Concluding that the trial court erred in denying Jimmie’s exception of insufficiency of service of process, we vacate the judgment and dismiss the claims against him without prejudice.
FACTS
Jimmie Barnett and Yvonne Barnett were married in 1970. Yvonne filed for divorce on January 20, 2004. A judgment of divorce was rendered on February 1, 2005.
On September 28, 2004, Jimmie granted a power of attorney to his sister, Julia Budwah. Jimmie revoked this power of attorney the next month. |sOn November 19, 2004, Jimmie again granted a power of attorney to Budwah. However, it was not until January 5, 2006, that Budwah accepted the power of attorney.
Jimmie and Yvonne each owned one-half of former community funds held in five annuities managed by AmerUS Annuity Group. Two of these annuity accounts, numbered 17168 and 32609, listed Jimmie as the policyholder.1 Four of the accounts contained less than $10,000. Account 17168 held over $400,000.
Jimmie had lingering health problems and had been placed in a nursing facility when Budwah accepted power of attorney in 2006.
Jimmie’s only income at the time was from Social Security benefits. Concerned about how Jimmie’s medical expenses would be paid, Budwah went to a local Medicaid office, where she was told that Jimmie was not eligible for Medicaid because of the annuities.
On February 14, 2006, Budwah wrote to AmerUS requesting the withdrawal of all funds and the closing of account 32609 and any other accounts at AmerUS. AmerUS wrote to Budwah 10 days later that it had received Budwah’s request, but because the annuity was community property subject to a pending divorce settlement, the funds from the annuity |4could not be distributed at that time. AmerUS added that upon receipt of a copy of the final settlement, it would process Budwah’s request.
On May 31, 2006, Yvonne requested a partial withdrawal of funds from account 32609. Yvonne wrote on the policy disbursement request form that the withdrawal was to be without penalty because Jimmie had been in a hospital or a nursing home since December of 2005. The next month, AmerUS wrote to Yvonne’s counsel that it was unable to process the request for withdrawal of funds by Yvonne because there was a restraining order.

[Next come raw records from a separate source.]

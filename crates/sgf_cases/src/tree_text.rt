// All that the readers of a tree answer.
use crate::parts::{append_board, append_content};
use case_files::CaseError;
use game_tree::{Children, GameTree};
use kb_geometry::{append, append_decimal};

/// Appends a tree, a line for each node, and its copy where that is another.
pub(crate) fn append_tree(tree: &GameTree, out: &mut Vec<u8>) -> Result<(), CaseError> {
    append_nodes(tree, out)?;
    let alloc = *out.allocator();
    let mut copied = Vec::new(alloc);
    append_nodes(&tree.copy(alloc)?, &mut copied)?;
    if copied.as_slice() != out.as_slice() {
        append(out, &copied)?;
    }
    Ok(())
}

fn append_nodes(tree: &GameTree, out: &mut Vec<u8>) -> Result<(), CaseError> {
    append_board(out, tree.shape())?;
    for number in 0..tree.node_count() {
        append_place(out, tree, number)?;
        append_content(out, tree, number)?;
        out.push(b'\n')?;
    }
    Ok(())
}

// Appends where a node stands in its tree.
fn append_place(out: &mut Vec<u8>, tree: &GameTree, number: u32) -> Result<(), CaseError> {
    if number >= tree.node_count() {
        return Ok(());
    }
    let alloc = *out.allocator();
    let head = match tree.parent(number) {
        Some(parent) => format!(in alloc; "{number} below {parent}")?,
        None => format!(in alloc; "{number} root")?,
    };
    append(out, head.as_bytes())?;
    append_number(out, " first ", tree.first_child(number))?;
    append_number(out, " next ", tree.next_sibling(number))?;
    append_children(out, tree.children(number))?;
    let line = if tree.is_main(number) { "main" } else { "off" };
    let moves = tree.move_number(number);
    let tail = format!(in alloc; " {line} {moves}: ")?;
    Ok(append(out, tail.as_bytes())?)
}

fn append_children(out: &mut Vec<u8>, children: Children<'_>) -> Result<(), CaseError> {
    append(out, b" children [")?;
    let mut gap = b"".as_slice();
    for child in children {
        append(out, gap)?;
        append_decimal(out, u64::from(child))?;
        gap = b" ";
    }
    Ok(append(out, b"]")?)
}

// Appends the number of a node behind these words, or `-` where there is none.
fn append_number(out: &mut Vec<u8>, words: &str, number: Option<u32>) -> Result<(), CaseError> {
    let alloc = *out.allocator();
    let shown = match number {
        Some(number) => format!(in alloc; "{words}{number}")?,
        None => format!(in alloc; "{words}-")?,
    };
    Ok(append(out, shown.as_bytes())?)
}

Yvonne and Budwah, on behalf of Jimmie, executed an Act of Partition and Settlement of Community Property (“settlement”) on September 27 and October 3, 2006. The settlement provided, in relevant part:
[A]n agreement was made between the parties on November 22, 2004, that the AmerUS and Alliance annuities would be divided by withdrawing the maximum amount that could be withdrawn each year, without penalty, and that each party or their agent would sign the necessary forms to do so and that the party receiving the check would make a copy of the check and send one-half (1/2) of the amount to the other party along with a copy of the check. The parties are equal owners of these accounts and all *1047injunctions and restraining orders are hereby vacated.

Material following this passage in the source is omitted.